_Record set_.
==========
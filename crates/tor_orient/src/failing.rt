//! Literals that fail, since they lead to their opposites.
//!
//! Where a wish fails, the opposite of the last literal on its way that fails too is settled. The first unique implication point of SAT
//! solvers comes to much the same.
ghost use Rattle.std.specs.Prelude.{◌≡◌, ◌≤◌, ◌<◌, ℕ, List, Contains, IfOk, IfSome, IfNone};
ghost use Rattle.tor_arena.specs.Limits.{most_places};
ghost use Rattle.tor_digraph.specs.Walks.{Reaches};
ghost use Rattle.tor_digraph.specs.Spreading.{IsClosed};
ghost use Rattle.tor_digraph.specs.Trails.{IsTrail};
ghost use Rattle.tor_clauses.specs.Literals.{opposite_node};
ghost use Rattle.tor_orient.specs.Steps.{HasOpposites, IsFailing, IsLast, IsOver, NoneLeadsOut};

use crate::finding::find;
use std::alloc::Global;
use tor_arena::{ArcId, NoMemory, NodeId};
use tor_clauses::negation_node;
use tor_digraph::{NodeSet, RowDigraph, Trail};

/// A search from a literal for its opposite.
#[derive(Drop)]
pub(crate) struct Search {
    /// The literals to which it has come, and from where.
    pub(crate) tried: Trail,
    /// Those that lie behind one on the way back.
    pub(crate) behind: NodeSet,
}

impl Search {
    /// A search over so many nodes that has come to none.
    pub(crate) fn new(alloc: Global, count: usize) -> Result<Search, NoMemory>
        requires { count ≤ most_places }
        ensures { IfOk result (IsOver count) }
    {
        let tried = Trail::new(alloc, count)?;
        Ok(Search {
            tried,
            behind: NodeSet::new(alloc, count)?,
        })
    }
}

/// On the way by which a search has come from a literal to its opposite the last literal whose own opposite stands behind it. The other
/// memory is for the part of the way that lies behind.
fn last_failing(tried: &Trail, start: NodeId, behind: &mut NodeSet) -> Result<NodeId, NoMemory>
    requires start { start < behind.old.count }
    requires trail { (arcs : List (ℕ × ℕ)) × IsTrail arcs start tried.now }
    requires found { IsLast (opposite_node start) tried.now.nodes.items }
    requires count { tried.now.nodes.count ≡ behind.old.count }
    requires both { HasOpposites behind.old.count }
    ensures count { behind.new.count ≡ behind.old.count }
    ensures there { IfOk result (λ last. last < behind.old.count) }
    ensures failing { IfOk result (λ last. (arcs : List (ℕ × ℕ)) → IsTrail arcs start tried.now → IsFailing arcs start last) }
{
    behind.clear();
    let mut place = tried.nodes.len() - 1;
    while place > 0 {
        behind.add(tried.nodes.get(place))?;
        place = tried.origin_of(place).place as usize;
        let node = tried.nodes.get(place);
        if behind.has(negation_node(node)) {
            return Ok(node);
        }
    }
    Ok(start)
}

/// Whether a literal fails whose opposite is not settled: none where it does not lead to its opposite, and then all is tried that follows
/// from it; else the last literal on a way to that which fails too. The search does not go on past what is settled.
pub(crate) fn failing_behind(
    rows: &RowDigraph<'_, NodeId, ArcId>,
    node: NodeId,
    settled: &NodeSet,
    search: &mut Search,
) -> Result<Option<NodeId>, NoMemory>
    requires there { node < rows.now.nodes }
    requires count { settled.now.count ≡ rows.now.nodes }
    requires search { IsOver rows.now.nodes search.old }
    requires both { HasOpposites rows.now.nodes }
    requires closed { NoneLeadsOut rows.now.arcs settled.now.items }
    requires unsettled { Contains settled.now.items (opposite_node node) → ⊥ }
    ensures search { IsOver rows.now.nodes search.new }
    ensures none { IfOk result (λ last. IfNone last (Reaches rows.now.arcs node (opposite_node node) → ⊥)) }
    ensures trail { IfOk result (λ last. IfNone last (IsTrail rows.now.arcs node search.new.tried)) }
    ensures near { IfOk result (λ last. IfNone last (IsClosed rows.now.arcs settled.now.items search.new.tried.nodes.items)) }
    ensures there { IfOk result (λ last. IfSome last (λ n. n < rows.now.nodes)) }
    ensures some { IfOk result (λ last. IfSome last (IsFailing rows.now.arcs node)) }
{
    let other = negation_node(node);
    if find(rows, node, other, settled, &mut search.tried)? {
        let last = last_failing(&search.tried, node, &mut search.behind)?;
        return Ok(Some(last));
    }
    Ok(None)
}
==========
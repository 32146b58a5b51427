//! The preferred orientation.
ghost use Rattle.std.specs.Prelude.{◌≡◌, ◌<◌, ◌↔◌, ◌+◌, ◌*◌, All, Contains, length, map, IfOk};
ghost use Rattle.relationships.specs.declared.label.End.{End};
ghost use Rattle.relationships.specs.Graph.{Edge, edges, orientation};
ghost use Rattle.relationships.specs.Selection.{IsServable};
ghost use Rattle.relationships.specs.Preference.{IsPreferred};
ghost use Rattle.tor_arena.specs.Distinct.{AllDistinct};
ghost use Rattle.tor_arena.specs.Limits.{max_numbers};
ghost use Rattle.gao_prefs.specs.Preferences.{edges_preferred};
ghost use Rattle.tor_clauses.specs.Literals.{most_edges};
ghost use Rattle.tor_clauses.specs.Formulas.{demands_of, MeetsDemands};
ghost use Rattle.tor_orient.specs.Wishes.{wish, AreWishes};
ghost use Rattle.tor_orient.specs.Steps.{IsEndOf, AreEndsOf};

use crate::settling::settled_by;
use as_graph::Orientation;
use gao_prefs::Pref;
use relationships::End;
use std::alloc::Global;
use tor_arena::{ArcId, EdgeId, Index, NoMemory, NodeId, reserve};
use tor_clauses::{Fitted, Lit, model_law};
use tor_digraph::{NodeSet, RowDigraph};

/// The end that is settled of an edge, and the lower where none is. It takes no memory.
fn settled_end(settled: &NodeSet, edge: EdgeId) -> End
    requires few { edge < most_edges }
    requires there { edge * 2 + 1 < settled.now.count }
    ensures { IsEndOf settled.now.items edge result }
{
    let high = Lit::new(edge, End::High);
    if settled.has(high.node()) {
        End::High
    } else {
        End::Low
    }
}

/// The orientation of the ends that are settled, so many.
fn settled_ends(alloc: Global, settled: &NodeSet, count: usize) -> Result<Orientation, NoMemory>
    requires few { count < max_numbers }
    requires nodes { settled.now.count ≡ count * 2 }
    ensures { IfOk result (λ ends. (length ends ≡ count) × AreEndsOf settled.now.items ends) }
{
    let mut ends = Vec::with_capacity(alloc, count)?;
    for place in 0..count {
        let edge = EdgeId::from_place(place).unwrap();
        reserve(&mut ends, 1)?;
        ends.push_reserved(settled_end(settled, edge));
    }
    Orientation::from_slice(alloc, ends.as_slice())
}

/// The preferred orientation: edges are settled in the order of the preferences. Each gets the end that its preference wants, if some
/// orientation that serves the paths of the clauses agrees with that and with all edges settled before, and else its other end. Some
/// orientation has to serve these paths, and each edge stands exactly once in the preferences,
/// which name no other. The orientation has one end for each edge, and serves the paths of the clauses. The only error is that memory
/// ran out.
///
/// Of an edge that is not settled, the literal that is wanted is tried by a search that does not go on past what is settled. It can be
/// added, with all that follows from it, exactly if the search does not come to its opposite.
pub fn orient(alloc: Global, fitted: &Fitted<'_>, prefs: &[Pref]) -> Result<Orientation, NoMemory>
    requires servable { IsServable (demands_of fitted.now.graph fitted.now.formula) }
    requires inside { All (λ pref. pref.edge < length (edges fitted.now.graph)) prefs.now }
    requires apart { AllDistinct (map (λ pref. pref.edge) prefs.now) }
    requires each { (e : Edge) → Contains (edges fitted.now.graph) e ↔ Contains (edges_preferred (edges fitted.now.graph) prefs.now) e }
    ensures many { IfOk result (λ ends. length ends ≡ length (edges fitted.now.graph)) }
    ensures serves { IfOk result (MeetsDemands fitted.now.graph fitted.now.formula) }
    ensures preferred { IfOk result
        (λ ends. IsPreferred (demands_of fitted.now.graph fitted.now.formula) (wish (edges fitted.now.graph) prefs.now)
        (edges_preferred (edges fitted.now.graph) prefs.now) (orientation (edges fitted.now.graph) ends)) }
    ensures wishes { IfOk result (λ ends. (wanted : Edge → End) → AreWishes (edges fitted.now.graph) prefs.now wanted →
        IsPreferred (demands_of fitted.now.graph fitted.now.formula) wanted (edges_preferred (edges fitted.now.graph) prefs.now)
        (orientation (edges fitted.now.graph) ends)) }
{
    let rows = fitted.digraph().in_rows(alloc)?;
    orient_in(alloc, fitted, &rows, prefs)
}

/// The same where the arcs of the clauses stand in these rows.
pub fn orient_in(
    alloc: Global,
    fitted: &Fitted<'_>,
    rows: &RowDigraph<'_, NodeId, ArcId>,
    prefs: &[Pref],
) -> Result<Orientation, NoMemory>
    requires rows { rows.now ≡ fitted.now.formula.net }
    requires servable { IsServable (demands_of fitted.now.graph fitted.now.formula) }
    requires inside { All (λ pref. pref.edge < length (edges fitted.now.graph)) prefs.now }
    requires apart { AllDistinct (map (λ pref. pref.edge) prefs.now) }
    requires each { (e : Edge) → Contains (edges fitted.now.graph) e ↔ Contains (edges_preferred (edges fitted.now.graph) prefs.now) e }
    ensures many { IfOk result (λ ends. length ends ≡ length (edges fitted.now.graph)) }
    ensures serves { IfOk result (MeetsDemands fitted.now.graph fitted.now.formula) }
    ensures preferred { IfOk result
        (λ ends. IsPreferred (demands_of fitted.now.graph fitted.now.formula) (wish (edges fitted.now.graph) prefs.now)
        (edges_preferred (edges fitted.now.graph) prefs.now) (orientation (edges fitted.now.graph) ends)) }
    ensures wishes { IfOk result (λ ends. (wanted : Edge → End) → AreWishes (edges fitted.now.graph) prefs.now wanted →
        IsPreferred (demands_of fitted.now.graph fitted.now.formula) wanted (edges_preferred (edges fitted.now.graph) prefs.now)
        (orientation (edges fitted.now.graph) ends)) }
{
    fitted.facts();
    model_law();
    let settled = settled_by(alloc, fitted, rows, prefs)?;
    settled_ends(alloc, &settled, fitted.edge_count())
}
==========
_What you should do_.
Everything from the line with "settled, so many." through the line with "orientation has to" in the listing above must be retyped exactly, with nothing added.

_Result of this exercise_.
/// The orientation of the ends that are settled, so many.
fn settled_ends(alloc: Global, settled: &NodeSet, count: usize) -> Result<Orientation, NoMemory>
    requires few { count < max_numbers }
    requires nodes { settled.now.count ≡ count * 2 }
    ensures { IfOk result (λ ends. (length ends ≡ count) × AreEndsOf settled.now.items ends) }
{
    let mut ends = Vec::with_capacity(alloc, count)?;
    for place in 0..count {
        let edge = EdgeId::from_place(place).unwrap();
        reserve(&mut ends, 1)?;
        ends.push_reserved(settled_end(settled, edge));
    }
    Orientation::from_slice(alloc, ends.as_slice())
}

/// The preferred orientation: edges are settled in the order of the preferences. Each gets the end that its preference wants, if some
/// orientation that serves the paths of the clauses agrees with that and with all edges settled before, and else its other end. Some
/// orientation has to serve these paths, and each edge stands exactly once in the preferences,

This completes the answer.